Finanzielle, gewinnbringende Überlegungen waren ihm fremd, es war ihm einfach
unmöglich aus seinem Wissen und Können Profit zu ziehen. Allein mit Horoskopen
wäre es ihm ohne weiteres möglich gewesen, reich und damit angesehen zu werden.
U.a. erfand er auch ein patentiertes Gerät, das ermöglichte, die Konstellation, d.h. die
Stellung der Himmelskörper zueinander, zu fixieren.

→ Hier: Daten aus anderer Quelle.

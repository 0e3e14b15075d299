//! The thread that a Gecko thread stands for.
ghost use Rattle.std.specs.Prelude.{◌≡◌, ◌<◌, None, Some, length, All};
ghost use Rattle.prof_raw.specs.Checks.{thread_broken};
ghost use Rattle.prof_tables.specs.Builds.{Builds};
ghost use Rattle.prof_tables.specs.Rows.{shared_of, thread_of};
ghost use Rattle.prof_tables.specs.Ties.{IsPart};
ghost use Rattle.prof_gecko.specs.Columns.{shift_of};
ghost use Rattle.prof_gecko.specs.Checks.{columns_broken, limits_broken, parts_broken, gecko_thread_broken};
ghost use Rattle.prof_gecko.specs.Converted.{lists_in, shared_cells, thread_in, gecko_thread};
ghost use Rattle.prof_gecko.specs.Processes.{ThreadHasRanges};

use crate::check::{check_columns, check_limits};
use crate::columns::{FrameColumns, StackColumns, ThreadColumns};
use crate::derived::Derived;
use crate::gathered::GeckoThread;
use crate::shared::shared_columns;
use crate::shift::Shift;
use prof_gecko_names::Lib;
use prof_raw::{RawColumn, RawOwn};
use prof_tables::{BuildRefusal, Thread};
use std::alloc::Global;

/// What all threads of a profile share: the number of its categories, its default, and the start of the root.
#[derive(Clone, Copy)]
pub(crate) struct Common {
    pub(crate) categories: u32,
    pub(crate) default: u32,
    pub(crate) root: i64,
}

/// The thread of what was derived and of the columns that stay, or the first rule that it breaks.
fn build_derived(
    alloc: Global,
    common: Common,
    derived: Derived,
    category: RawColumn,
    stacks: StackColumns,
    own: RawOwn,
    number: u32,
) -> Result<Thread, BuildRefusal>
    requires default { common.default < common.categories }
    requires ranges { All (IsPart (length own.marker_texts)) own.marker_ranges }
    ensures { let shared = shared_cells derived.lists derived.numbers.items category stacks in
        Builds (λ t. t) result
        (thread_broken number common.categories (record { shared = shared; own = own }))
        (thread_of (shared_of common.categories common.default shared) own) }
{
    let shared = shared_columns(alloc, derived, category, stacks)?;
    Thread::build_parts(
        alloc,
        shared,
        own,
        number,
        common.categories,
        common.default,
    )
}

/// The thread of checked columns, or the first limit that its derived lists break.
fn build_checked(
    alloc: Global,
    common: Common,
    libs: &[Lib],
    columns: ThreadColumns,
    number: u32,
) -> Result<Thread, BuildRefusal>
    requires default { common.default < common.categories }
    requires ranges { All (IsPart (length columns.own.marker_texts)) columns.own.marker_ranges }
    requires checked { columns_broken (Some number) common.categories columns ≡ None }
    ensures { Builds (λ t. t) result
        (limits_broken (Some number) (lists_in libs.now columns.strings columns.frames))
        (thread_in common.categories common.default libs.now columns) }
{
    let ThreadColumns {
        strings,
        frames,
        stacks,
        own,
        ..
    } = columns;
    let derived = Derived::of(alloc, libs, strings, &frames)?;
    check_limits(Some(number), &derived.lists)?;
    let FrameColumns { category, .. } = frames;
    build_derived(alloc, common, derived, category, stacks, own, number)
}

/// The thread of columns of a process with these libraries, or the first rule that they break.
fn build_columns(
    alloc: Global,
    common: Common,
    libs: &[Lib],
    columns: ThreadColumns,
    number: u32,
) -> Result<Thread, BuildRefusal>
    requires default { common.default < common.categories }
    requires ranges { All (IsPart (length columns.own.marker_texts)) columns.own.marker_ranges }
    ensures { Builds (λ t. t) result
        (parts_broken number common.categories libs.now columns)
        (thread_in common.categories common.default libs.now columns) }
{
    check_columns(Some(number), common.categories, &columns)?;
    build_checked(alloc, common, libs, columns, number)
}

/// The thread of a process with these libraries, whose times are moved, or the first rule that it breaks.
pub(crate) fn build_thread(
    alloc: Global,
    common: Common,
    shift: Shift,
    libs: &[Lib],
    thread: GeckoThread,
    number: u32,
) -> Result<Thread, BuildRefusal>
    requires default { common.default < common.categories }
    requires ranges { ThreadHasRanges thread }
    ensures { Builds (λ t. t) result
        (gecko_thread_broken number common.categories libs.now (shift_of shift) thread)
        (gecko_thread common.categories common.default libs.now (shift_of shift) thread) }
{
    let columns = ThreadColumns::of(alloc, shift, thread)?;
    build_columns(alloc, common, libs, columns, number)
}
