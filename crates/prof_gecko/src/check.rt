//! The checks of a Gecko thread, in the written order.
ghost use Rattle.std.specs.Prelude.{◌≡◌, length, IfOk};
ghost use Rattle.prof_raw.specs.Checks.{Passes};
ghost use Rattle.prof_gecko.specs.Checks.{table_broken, frames_broken, stacks_broken, columns_broken, over, limits_broken};

use crate::columns::{FrameColumns, StackColumns, ThreadColumns};
use crate::gathered::TableFault;
use prof_gecko_names::FuncLists;
use prof_raw::{
    Broken, CellKind, Column, MOST_FUNCS, MOST_ROWS, MOST_STRINGS, Place, Size, Table,
    check_markers, check_samples, counted_fault, first_column, needed_column, optional_column,
    pass, size_fault,
};

/// Checks a table, its schema and its data.
fn check_table(thread: Option<u32>, table: Table, fault: Option<TableFault>) -> Result<(), Broken>
    ensures { Passes result (table_broken thread table fault) }
{
    match fault {
        Some(TableFault { column, fault }) => pass(Place::at(thread, table, column), Some(fault)),
        None => Ok(()),
    }
}

/// Checks `frameTable`, and gives its number of rows.
#[tactic(auto, unfolding(crate::specs::Checks::frames_broken))]
fn check_frames(
    thread: Option<u32>,
    strings: u32,
    categories: u32,
    frames: &FrameColumns,
) -> Result<u32, Broken>
    ensures passes { Passes result (frames_broken thread strings categories frames.now) }
    ensures rows { IfOk result (λ rows. rows ≡ length frames.now.location.cells) }
{
    let table = Table::FrameTable;
    check_table(thread, table, frames.fault)?;
    let location = Place::at(thread, table, Column::Location);
    let index = CellKind::Index(strings);
    let rows = first_column(location, MOST_ROWS, index, &frames.location)?;
    let relevant = Place::at(thread, table, Column::RelevantForJs);
    optional_column(relevant, rows, CellKind::Truth, &frames.relevant_for_js)?;
    let category = Place::at(thread, table, Column::Category);
    let index = CellKind::MaybeIndex(categories);
    optional_column(category, rows, index, &frames.category)?;
    Ok(rows)
}

/// Checks `stackTable` over so many frames, and gives its number of rows.
#[tactic(auto, unfolding(crate::specs::Checks::stacks_broken))]
fn check_stacks(thread: Option<u32>, frames: u32, stacks: &StackColumns) -> Result<u32, Broken>
    ensures passes { Passes result (stacks_broken thread frames stacks.now) }
    ensures rows { IfOk result (λ rows. rows ≡ length stacks.now.frame.cells) }
{
    let table = Table::StackTable;
    check_table(thread, table, stacks.fault)?;
    let frame = Place::at(thread, table, Column::Frame);
    let rows = first_column(frame, MOST_ROWS, CellKind::Index(frames), &stacks.frame)?;
    let prefix = Place::at(thread, table, Column::Prefix);
    needed_column(prefix, rows, CellKind::Prefix, &stacks.prefix)?;
    Ok(rows)
}

/// Checks the columns of a thread.
#[tactic(auto, unfolding(crate::specs::Checks::columns_broken))]
pub(crate) fn check_columns(
    thread: Option<u32>,
    categories: u32,
    columns: &ThreadColumns,
) -> Result<(), Broken>
    ensures { Passes result (columns_broken thread categories columns.now) }
{
    let strings = columns.strings.count();
    let list = Place::at(thread, Table::StringTable, Column::List);
    pass(
        list,
        counted_fault(MOST_STRINGS, strings, columns.string_fault),
    )?;
    let frames = check_frames(thread, strings, categories, &columns.frames)?;
    let stacks = check_stacks(thread, frames, &columns.stacks)?;
    check_table(thread, Table::Samples, columns.samples_fault)?;
    check_samples(thread, stacks, &columns.own)?;
    if columns.own.has_markers {
        check_table(thread, Table::Markers, columns.markers_fault)?;
    }
    check_markers(thread, strings, &columns.own)
}

/// Holds a derived list against its limit.
fn check_limit(place: Place, most: u32, count: usize) -> Result<(), Broken>
    ensures { Passes result (over place.thread place.table place.column most count) }
{
    pass(place, size_fault(Size::AtMost(most), count))
}

/// Holds the derived strings, resources and functions against their limits.
#[tactic(auto, unfolding(crate::specs::Checks::limits_broken))]
pub(crate) fn check_limits(thread: Option<u32>, lists: &FuncLists) -> Result<(), Broken>
    ensures { Passes result (limits_broken thread lists.now) }
{
    let strings = Place::at(thread, Table::StringTable, Column::List);
    check_limit(strings, MOST_STRINGS, lists.strings.count() as usize)?;
    let resources = Place::at(thread, Table::ResourceTable, Column::Name);
    check_limit(resources, MOST_FUNCS, lists.resources.len())?;
    let funcs = Place::at(thread, Table::FuncTable, Column::Name);
    check_limit(funcs, MOST_FUNCS, lists.funcs.len())
}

Was er aus den Sternen zu lesen glaubte, bestärkte und überzeugte ihn von der Unzulänglichkeit
und Sinnlosigkeit alles Tuns. Von tiefster Resignation erfaßt, sprach er oft
vom kommenden Krieg und vom Untergang.

Seine Prognosen waren vielfach verblüffend genau. Einmal gab er mir ein verschlossenes
Kuvert, das ich erst mit seiner Zustimmung öffnen sollte, die er dann ein halbes Jahr
später gab. Auf einem Zettel stand, daß am (Datum) ein Mädchen (mit Namen) sterben
wird. Das Mädchen starb tatsächlich an diesem Tage. Eine Warnung an die Familie des
Mädchens wäre bedenklich gewesen, hätte Angst und Unruhe gestiftet, ohne etwas zu
bewirken, er konnte nur hoffen, sich geirrt zu haben. Ansonsten machte er kein Aufhebens
mit seinen Voraussagen. Nur einmal als der Krieg ausbrach, machte er eine Ausnahme
. Wir saßen mit Freunden zusammen in einer Gartenwirtschaft. Die aufgeladene
Atmosphäre veranlaßte ihn, aber ganz ohne Pathos, vorauszusagen, wer von uns im
Felde bleibt, wer zurückkehrt und wer als erster aus Kenzingen fällt, was auch eintraf.
Daß einer solch spektakulären Auslassung eine enorme Arbeit und ungeheuere Selbstüberwindung
voraus geht, bleibt dem Laien verborgen. Ebensooft sind seine Prognosen
danebengelegen, aber Fehlschlüsse nahm er mit Achselzucken hin: „Die Sterne lügen
und bestimmen nicht, sie tendieren." Wegen dieser Ungewißheit auch hielt er Geschäfte
mit Horoskopen für unseriös und für ihn nicht machbar.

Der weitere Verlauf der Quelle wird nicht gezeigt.